§ TASK OBJECTIVE
Every record must be retyped exactly as it reads.

§ Collected data

//! What field lines say: each by itself, and all of them, where equal names are joined.
ghost use Rattle.std.specs.Prelude.{◌≡◌, ◌==◌, [], ◌∷◌, ◌++◌, map, position, IfOk, OnOk};
ghost use Rattle.head_grammar.specs.Combining.{ArePlaces, added, with_value};
ghost use Rattle.head_grammar.specs.FieldLines as spec;

use crate::classes::{are_field_bytes, are_token_bytes, trim};
use crate::lines::Lines;
use crate::whole_line::whole_line;
use crate::{Field, FieldList, Fields, Refusal};
use outside::Bytes;
use std::alloc::{AllocError, Global};
use std::collections::BTreeMap;
use std::marker::Model;
use std::mem;

/// For how many fields there is room at once, at least.
const EXPECTED_FIELDS: usize = 16;

/// So many bytes of a longer head are room for one more.
const EXPECTED_SIZE: usize = 32;

/// A field as its line has it: contracts see the name in lower case.
#[derive(Drop)]
pub(crate) struct SentField<'a> {
    pub(crate) name: &'a [u8],
    pub(crate) value: &'a [u8],
}

impl<'a> Model for SentField<'a> {
    ghost use Rattle.std.specs.Prelude.{map};
    ghost use Rattle.std.specs.Char.{to_ascii_lowercase};
    ghost use Rattle.head_grammar.specs.declared.types.Field.{Field};

    ghost Value = { Field };

    ghost view = { λ field. record {
      name = map to_ascii_lowercase field.name.now;
      value = field.value.now;
    } };
}

/// Whether a text is a token, as a name is (RFC 9110, section 5.1).
pub fn is_name(bytes: &[u8]) -> bool
    ensures name { result ≡ spec.is_name bytes.now }
{
    !bytes.is_empty() && are_token_bytes(bytes)
}

fn place_of_colon(line: &[u8]) -> Option<usize>
    ensures { result ≡ position (λ b. b == 58) line.now }
{
    line.iter().position(|byte| *byte == b':')
}

// What a field line says, or its refusal (RFC 9112, section 5).
fn read_field(line: &[u8]) -> Result<SentField<'_>, Refusal>
    ensures { result ≡ spec.field_line line.now }
{
    let Some(at) = place_of_colon(line) else {
        return Err(Refusal::FieldLine);
    };
    let name = &line[..at];
    let value = &line[at + 1..];
    if !is_name(name) {
        return Err(Refusal::FieldLine);
    }
    if !are_field_bytes(value) {
        return Err(Refusal::FieldValue);
    }
    Ok(SentField {
        name,
        value: trim(value),
    })
}

// A name with an underscore can't be told from one with a hyphen in an environ.
fn is_kept(field: &SentField<'_>) -> bool
    ensures { result ≡ spec.is_kept field.now }
{
    !field.name.contains(&b'_')
}

fn keep(fields: &mut FieldList, field: &SentField<'_>) -> Result<(), AllocError>
    ensures { OnOk result (fields.new ≡ fields.old ++ spec.kept (field.now ∷ [])) }
{
    if is_kept(field) {
        fields.add_sent(field)?;
    }
    Ok(())
}

// The fields of the lines, in order, but for those that are dropped, or the refusal of the first
// bad line.
fn read_kept(alloc: Global, mut lines: Lines<'_>) -> Result<Result<FieldList, Refusal>, AllocError>
    ensures { IfOk result (λ read. read ≡ spec.kept_fields lines.entry) }
{
    let count = EXPECTED_FIELDS.max(lines.size() / EXPECTED_SIZE);
    let mut fields = FieldList::with_room(alloc, count, lines.size())?;
    while let Some(line) = lines.next() {
        let line = whole_line(alloc, line, &mut lines)?;
        let field = match read_field(line.as_slice()) {
            Ok(field) => field,
            Err(refusal) => return Ok(Err(refusal)),
        };
        keep(&mut fields, &field)?;
    }
    Ok(Ok(fields))
}

fn names_of<'a>(alloc: Global, fields: &Fields<'a>) -> Result<Vec<&'a [u8]>, AllocError>
    ensures { IfOk result (λ names. map (λ name. name.now) names.items
        ≡ map (λ field. field.name) fields.now) }
{
    let mut names = Vec::with_capacity(alloc, fields.len())?;
    for (name, _) in fields.iter() {
        names.push(name)?;
    }
    Ok(names)
}

// Sorted names rise from each to the next, but where two are equal.
fn names_differ(alloc: Global, fields: &Fields<'_>) -> Result<bool, AllocError>
    ensures { IfOk result (λ differ. differ ≡ spec.names_differ fields.now) }
{
    let mut names = names_of(alloc, fields)?;
    names.sort_unstable();
    Ok(names.is_sorted_by(|name, next| name.cmp(next).is_lt()))
}

// Puts a further value behind the field's own, which is not copied.
fn add_value(alloc: Global, field: &mut Field, more: &[u8]) -> Result<(), AllocError>
    ensures { OnOk result (field.new ≡ with_value field.old more.now) }
{
    let none = Bytes::from_vec(Vec::new(alloc));
    let mut value = mem::replace(&mut field.value, none).into_vec();
    value.extend_from_slice(b", ")?;
    value.extend_from_slice(more)?;
    field.value = Bytes::from_vec(value);
    Ok(())
}

fn copied(alloc: Global, name: &[u8], value: &[u8]) -> Result<Field, AllocError>
    ensures { IfOk result (λ copy. copy ≡ record { name = name.now; value = value.now }) }
{
    Ok(Field {
        name: Bytes::from_slice(alloc, name)?,
        value: Bytes::from_slice(alloc, value)?,
    })
}

fn add_field<'a>(
    alloc: Global,
    places: &mut BTreeMap<&'a [u8], usize>,
    fields: &mut Vec<Field>,
    name: &'a [u8],
    value: &[u8],
) -> Result<(), AllocError>
    requires { ArePlaces places.old fields.old.items }
    ensures places { OnOk result (ArePlaces places.new fields.new.items) }
    ensures fields { OnOk result (fields.new.items
        ≡ added fields.old.items (record { name = name.now; value = value.now })) }
{
    match places.get(name) {
        Some(place) => add_value(alloc, &mut fields[*place], value),
        None => {
            places.insert(name, fields.len())?;
            fields.push(copied(alloc, name, value)?)?;
            Ok(())
        }
    }
}

// For fields of which some have equal names.
fn combined_copies(alloc: Global, fields: Fields<'_>) -> Result<Vec<Field>, AllocError>
    ensures { IfOk result (λ combined. combined.items ≡ spec.combined fields.entry) }
{
    let mut places = BTreeMap::new(alloc);
    let mut combined = Vec::new(alloc);
    for (name, value) in fields {
        add_field(alloc, &mut places, &mut combined, name, value)?;
    }
    Ok(combined)
}

// The fields, where a name that comes again adds its values to the first (RFC 9110, section 5.3).
fn combined(alloc: Global, fields: FieldList) -> Result<FieldList, AllocError>
    ensures { IfOk result (λ combined. combined ≡ spec.combined fields) }
{
    let lent = fields.fields();
    if names_differ(alloc, &lent)? {
        return Ok(fields);
    }
    let copies = combined_copies(alloc, fields.fields())?;
    FieldList::of(alloc, copies.as_slice())
}

/// The fields of the lines, or the refusal of the first bad line.
#[tactic(auto, unfolding(crate::specs::FieldLines::fields_of))]
pub(crate) fn read_fields(
    alloc: Global,
    lines: Lines<'_>,
) -> Result<Result<FieldList, Refusal>, AllocError>
    ensures { IfOk result (λ read. read ≡ spec.fields_of lines.entry) }
{
    match read_kept(alloc, lines)? {
        Ok(fields) => Ok(Ok(combined(alloc, fields)?)),
        Err(refusal) => Ok(Err(refusal)),
    }
}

§ SOLVED PROBLEM
//! What field lines say: each by itself, and all of them, where equal names are joined.
ghost use Rattle.std.specs.Prelude.{◌≡◌, ◌==◌, [], ◌∷◌, ◌++◌, map, position, IfOk, OnOk};
ghost use Rattle.head_grammar.specs.Combining.{ArePlaces, added, with_value};
ghost use Rattle.head_grammar.specs.FieldLines as spec;

use crate::classes::{are_field_bytes, are_token_bytes, trim};
use crate::lines::Lines;
use crate::whole_line::whole_line;
use crate::{Field, FieldList, Fields, Refusal};
use outside::Bytes;
use std::alloc::{AllocError, Global};
use std::collections::BTreeMap;
use std::marker::Model;
use std::mem;

/// For how many fields there is room at once, at least.
const EXPECTED_FIELDS: usize = 16;

/// So many bytes of a longer head are room for one more.
const EXPECTED_SIZE: usize = 32;

/// A field as its line has it: contracts see the name in lower case.
#[derive(Drop)]
pub(crate) struct SentField<'a> {
    pub(crate) name: &'a [u8],
    pub(crate) value: &'a [u8],
}

impl<'a> Model for SentField<'a> {
    ghost use Rattle.std.specs.Prelude.{map};
    ghost use Rattle.std.specs.Char.{to_ascii_lowercase};
    ghost use Rattle.head_grammar.specs.declared.types.Field.{Field};

    ghost Value = { Field };

    ghost view = { λ field. record {
      name = map to_ascii_lowercase field.name.now;
      value = field.value.now;
    } };
}

/// Whether a text is a token, as a name is (RFC 9110, section 5.1).
pub fn is_name(bytes: &[u8]) -> bool
    ensures name { result ≡ spec.is_name bytes.now }
{
    !bytes.is_empty() && are_token_bytes(bytes)
}

fn place_of_colon(line: &[u8]) -> Option<usize>
    ensures { result ≡ position (λ b. b == 58) line.now }
{
    line.iter().position(|byte| *byte == b':')
}

// What a field line says, or its refusal (RFC 9112, section 5).
fn read_field(line: &[u8]) -> Result<SentField<'_>, Refusal>
    ensures { result ≡ spec.field_line line.now }
{
    let Some(at) = place_of_colon(line) else {
        return Err(Refusal::FieldLine);
    };
    let name = &line[..at];
    let value = &line[at + 1..];
    if !is_name(name) {
        return Err(Refusal::FieldLine);
    }
    if !are_field_bytes(value) {
        return Err(Refusal::FieldValue);
    }
    Ok(SentField {
        name,
        value: trim(value),
    })
}

// A name with an underscore can't be told from one with a hyphen in an environ.
fn is_kept(field: &SentField<'_>) -> bool
    ensures { result ≡ spec.is_kept field.now }
{
    !field.name.contains(&b'_')
}

fn keep(fields: &mut FieldList, field: &SentField<'_>) -> Result<(), AllocError>
    ensures { OnOk result (fields.new ≡ fields.old ++ spec.kept (field.now ∷ [])) }
{
    if is_kept(field) {
        fields.add_sent(field)?;
    }
    Ok(())
}

// The fields of the lines, in order, but for those that are dropped, or the refusal of the first
// bad line.
fn read_kept(alloc: Global, mut lines: Lines<'_>) -> Result<Result<FieldList, Refusal>, AllocError>
    ensures { IfOk result (λ read. read ≡ spec.kept_fields lines.entry) }
{
    let count = EXPECTED_FIELDS.max(lines.size() / EXPECTED_SIZE);
    let mut fields = FieldList::with_room(alloc, count, lines.size())?;
    while let Some(line) = lines.next() {
        let line = whole_line(alloc, line, &mut lines)?;
        let field = match read_field(line.as_slice()) {
            Ok(field) => field,
            Err(refusal) => return Ok(Err(refusal)),
        };
        keep(&mut fields, &field)?;
    }
    Ok(Ok(fields))
}

fn names_of<'a>(alloc: Global, fields: &Fields<'a>) -> Result<Vec<&'a [u8]>, AllocError>
    ensures { IfOk result (λ names. map (λ name. name.now) names.items
        ≡ map (λ field. field.name) fields.now) }
{
    let mut names = Vec::with_capacity(alloc, fields.len())?;
    for (name, _) in fields.iter() {
        names.push(name)?;
    }
    Ok(names)
}

// Sorted names rise from each to the next, but where two are equal.
fn names_differ(alloc: Global, fields: &Fields<'_>) -> Result<bool, AllocError>
    ensures { IfOk result (λ differ. differ ≡ spec.names_differ fields.now) }
{
    let mut names = names_of(alloc, fields)?;
    names.sort_unstable();
    Ok(names.is_sorted_by(|name, next| name.cmp(next).is_lt()))
}

// Puts a further value behind the field's own, which is not copied.
fn add_value(alloc: Global, field: &mut Field, more: &[u8]) -> Result<(), AllocError>
    ensures { OnOk result (field.new ≡ with_value field.old more.now) }
{
    let none = Bytes::from_vec(Vec::new(alloc));
    let mut value = mem::replace(&mut field.value, none).into_vec();
    value.extend_from_slice(b", ")?;
    value.extend_from_slice(more)?;
    field.value = Bytes::from_vec(value);
    Ok(())
}

fn copied(alloc: Global, name: &[u8], value: &[u8]) -> Result<Field, AllocError>
    ensures { IfOk result (λ copy. copy ≡ record { name = name.now; value = value.now }) }
{
    Ok(Field {
        name: Bytes::from_slice(alloc, name)?,
        value: Bytes::from_slice(alloc, value)?,
    })
}

fn add_field<'a>(
    alloc: Global,
    places: &mut BTreeMap<&'a [u8], usize>,
    fields: &mut Vec<Field>,
    name: &'a [u8],
    value: &[u8],
) -> Result<(), AllocError>
    requires { ArePlaces places.old fields.old.items }
    ensures places { OnOk result (ArePlaces places.new fields.new.items) }
    ensures fields { OnOk result (fields.new.items
        ≡ added fields.old.items (record { name = name.now; value = value.now })) }
{
    match places.get(name) {
        Some(place) => add_value(alloc, &mut fields[*place], value),
        None => {
            places.insert(name, fields.len())?;
            fields.push(copied(alloc, name, value)?)?;
            Ok(())
        }
    }
}

// For fields of which some have equal names.
fn combined_copies(alloc: Global, fields: Fields<'_>) -> Result<Vec<Field>, AllocError>
    ensures { IfOk result (λ combined. combined.items ≡ spec.combined fields.entry) }
{
    let mut places = BTreeMap::new(alloc);
    let mut combined = Vec::new(alloc);
    for (name, value) in fields {
        add_field(alloc, &mut places, &mut combined, name, value)?;
    }
    Ok(combined)
}

// The fields, where a name that comes again adds its values to the first (RFC 9110, section 5.3).
fn combined(alloc: Global, fields: FieldList) -> Result<FieldList, AllocError>
    ensures { IfOk result (λ combined. combined ≡ spec.combined fields) }
{
    let lent = fields.fields();
    if names_differ(alloc, &lent)? {
        return Ok(fields);
    }
    let copies = combined_copies(alloc, fields.fields())?;
    FieldList::of(alloc, copies.as_slice())
}

/// The fields of the lines, or the refusal of the first bad line.
#[tactic(auto, unfolding(crate::specs::FieldLines::fields_of))]
pub(crate) fn read_fields(
    alloc: Global,
    lines: Lines<'_>,
) -> Result<Result<FieldList, Refusal>, AllocError>
    ensures { IfOk result (λ read. read ≡ spec.fields_of lines.entry) }
{
    match read_kept(alloc, lines)? {
        Ok(fields) => Ok(Ok(combined(alloc, fields)?)),
        Err(refusal) => Ok(Err(refusal)),
    }
}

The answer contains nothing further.